Las ideas de Bruno comenzaron a surgir como si el cámara fuese una botella de champán recién descorchada, y para regocijo de su patrón, su pericia y sus proyectos parecían no tener fin. Desarrolló técnicas de grabación y métodos de proyección, ideó fórmulas para divulgar los programas del Amazonas, convenció a Sahuquillo para grabar un noticiario semanal con los acontecimientos más relevantes de la ciudad, y concibió la manera de que los comerciantes de Santos costeasen las proyecciones, insertando anuncios de sus establecimientos entre noticia y noticia; sugirió al empresario que, tal como se hacía en los cines europeos, también ellos realizasen pases sicalípticos en el cinematógrafo solo para caballeros. Para burlar el control de las autoridades, a las que también Bonet había pedido permiso, las películas llegaban a Santos escondidas en las latas que anunciaban otros rollos, o montadas entre otras cintas, se proyectaban a las ocho de la tarde, y antes de cada pase se apelaba a la máxima discreción de los asistentes con el fin de garantizar la continuidad del espectáculo.
El éxito de aquellas sesiones no tuvo precedentes en la historia del cinematógrafo de Santos, y envalentonado por aquel acierto, propuso a su jefe una ampliación del negocio que el otro aceptó de inmediato. Alentado por su empleado, alquiló por un año el Teatro Brasil, en el que los pases serían diarios. También por iniciativa de Bonet, Sahuquillo se embarcó en un nuevo proyecto, esta vez en solitario: la construcción de su propia sala de cine. En esta ocasión, Bruno participó en la elaboración de los planos para evitar los cambios de última hora, tal como había sucedido cuando comenzaron con el Cine Amazonas. Como resultado de la estrecha colaboración de ambos, en la que se mezclaron a partes iguales la osadía de Sahuquillo y la brillantez de Bonet, el nuevo Cinema Amazonas abrió sus puertas menos de un año después de la llegada del cámara a Brasil.

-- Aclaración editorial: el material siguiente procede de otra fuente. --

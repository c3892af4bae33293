//! The codes of lines that cannot be part of a litmus test.
ghost use Rattle.std.specs.Prelude.{◌≡◌};
ghost use Rattle.l4_orders.specs.Codes.{line_code};

use crate::parts::LineFault;

/// Returns the code of a line that cannot be part of a litmus test.
pub fn line_code(fault: LineFault) -> &'static [u8]
    ensures { result.now ≡ line_code fault }
{
    match fault {
        LineFault::Long => b"S3",
        LineFault::Cut => b"S4",
        LineFault::Unknown => b"S1",
        LineFault::Unread => b"S2",
        LineFault::NamesFull => b"S5",
        LineFault::Repeated => b"O1",
        LineFault::OfNoThread => b"O2",
        LineFault::NoQuery => b"O3",
        LineFault::Steps => b"O4",
        LineFault::NoThread(_) => b"O5",
        LineFault::NoAnswer => b"O7",
        LineFault::Expectation => b"O8",
    }
}
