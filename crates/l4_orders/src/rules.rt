//! The outcomes that break the rules of a litmus test.
ghost use Rattle.std.specs.Prelude.{◌≡◌, ◌++◌, IfOk, OnOk};
ghost use Rattle.std.specs.List.{filter, flat_map, list_any};
ghost use Rattle.l4_text.specs.Tokens.{tokens_of};
ghost use Rattle.l4_orders.specs.Telling.{line_text};
ghost use Rattle.l4_rules.specs.Rules.{is_broken};
ghost use Rattle.l4_orders.specs.Rules.{breaks, breaks_any, head_text, first_text, rules_text, broken_rules};

use crate::numbers::put_number;
use crate::plans::{Plan, PlanLine};
use crate::telling::{put_line, put_order};
use l4_merges::Found;
use l4_names::Names;
use l4_rules::is_broken;
use std::alloc::{AllocError, Global};

/// Returns whether an outcome that was found breaks the rule in a line of the test.
fn breaks(plan: &Plan, line: &PlanLine, one: &Found) -> bool
    ensures { result ≡ breaks plan.now line.now one.now }
{
    is_broken(&plan.names, line.bytes.as_slice(), one.outcome.as_slice())
}

/// Returns whether one of these outcomes breaks the rule in a line of the test.
fn is_broken_by(plan: &Plan, line: &PlanLine, found: &[Found]) -> bool
    ensures { result ≡ list_any (λ one. breaks plan.now line.now one) found.now }
{
    found.iter().any(|one| breaks(plan, line, one))
}

/// Returns whether one of these outcomes breaks a rule of the test.
pub fn breaks_any(plan: &Plan, found: &[Found]) -> bool
    ensures { result ≡ breaks_any plan.now found.now }
{
    plan.queries
        .iter()
        .any(|line| is_broken_by(plan, line, found))
}

/// Appends that the outcome with this number breaks the rule in a line.
fn put_broken(
    alloc: Global,
    line: &PlanLine,
    number: u64,
    out: &mut Vec<u8>,
) -> Result<(), AllocError>
    ensures { OnOk result (out.new.items ≡ out.old.items ++ head_text line.now number) }
{
    out.extend_from_slice(b"broken ")?;
    put_number(alloc, line.number, out)?;
    out.extend_from_slice(b" ")?;
    put_number(alloc, number, out)?;
    out.extend_from_slice(b"\n")
}

/// Appends which outcome is the first that breaks the rule in a line, if there is one.
fn put_first(
    alloc: Global,
    plan: &Plan,
    explain: bool,
    line: &PlanLine,
    found: &[Found],
    out: &mut Vec<u8>,
) -> Result<(), AllocError>
    ensures { OnOk result (out.new.items
        ≡ out.old.items ++ first_text plan.now explain line.now 1 found.now) }
{
    let mut number = 1u64;
    for one in found {
        if breaks(plan, line, one) {
            put_broken(alloc, line, number, out)?;
            return put_order(alloc, plan, explain, one.order.as_slice(), out);
        }
        let Some(next) = number.checked_add(1) else {
            return Err(AllocError);
        };
        number = next;
    }
    Ok(())
}

/// Appends which of the rules in these lines are broken.
fn put_all(
    alloc: Global,
    plan: &Plan,
    explain: bool,
    lines: &[PlanLine],
    found: &[Found],
    out: &mut Vec<u8>,
) -> Result<(), AllocError>
    ensures { OnOk result (out.new.items
        ≡ out.old.items ++ flat_map (λ line. first_text plan.now explain line 1 found.now) lines.now) }
{
    for line in lines {
        put_first(alloc, plan, explain, line, found, out)?;
    }
    Ok(())
}

/// Returns the text of the rules that these outcomes break: for each of them the first outcome that breaks it, with an order that produces the
/// outcome, and with the lines of the order if `explain`. It is empty if no rule is broken.
pub fn rules_text(
    alloc: Global,
    plan: &Plan,
    explain: bool,
    found: &[Found],
) -> Result<Vec<u8>, AllocError>
    ensures { IfOk result (λ text. text.items ≡ rules_text plan.now explain found.now) }
{
    let mut out = Vec::new(alloc);
    let lines = plan.queries.as_slice();
    put_all(alloc, plan, explain, lines, found, &mut out)?;
    Ok(out)
}

/// Appends the lines with a rule that the outcome breaks.
fn put_broken_rules(
    names: &Names,
    lines: &[PlanLine],
    outcome: &[u8],
    out: &mut Vec<u8>,
) -> Result<(), AllocError>
    ensures { OnOk result (out.new.items
        ≡ out.old.items
        ++ flat_map line_text
        (filter (λ line. is_broken names.now (tokens_of line.bytes.items) outcome.now) lines.now)) }
{
    for line in lines {
        if is_broken(names, line.bytes.as_slice(), outcome) {
            put_line(line, out)?;
        }
    }
    Ok(())
}

/// Returns the lines of the rules that an outcome breaks.
pub fn broken_rules(alloc: Global, plan: &Plan, outcome: &[u8]) -> Result<Vec<u8>, AllocError>
    ensures { IfOk result (λ text. text.items ≡ broken_rules plan.now outcome.now) }
{
    let mut out = Vec::new(alloc);
    put_broken_rules(&plan.names, plan.queries.as_slice(), outcome, &mut out)?;
    Ok(out)
}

La apertura del local convirtió a José Alfredo Sahuquillo en el empresario de moda en Santos: nadie en la ciudad había visto nunca un cine semejante, ni siquiera los pocos privilegiados que habían viajado a Europa para pasar largas temporadas allí, según la costumbre de la época. Las butacas disponían de cómodos cojines, y la madera del respaldo y de los reposabrazos estaba tan finamente tallada como las de las sillas de las mejores casas de la ciudad. Del techo colgaba una gran lámpara de lágrimas de cristal, y en las paredes, disimulados entre las luces de la sala, unos pequeños aparatos inventados por Bonet renovaban el ambiente de la sala con aire perfumado. Un grupo compuesto por siete músicos se encargaba del acompañamiento musical de las películas, y un italiano recién llegado al hotel pintó la sala y algunos cuadros que colocaron en la entrada del cine para pagar sus primeras semanas de albergue ayudando en la decoración del local. Sahuquillo no confiaba demasiado en el criterio artístico del cámara, pero también en esa ocasión estuvo acertado: no solo todos alabaron el gusto de Sahuquillo, sino que en pocos meses el joven pintor alcanzó fama en el país entero.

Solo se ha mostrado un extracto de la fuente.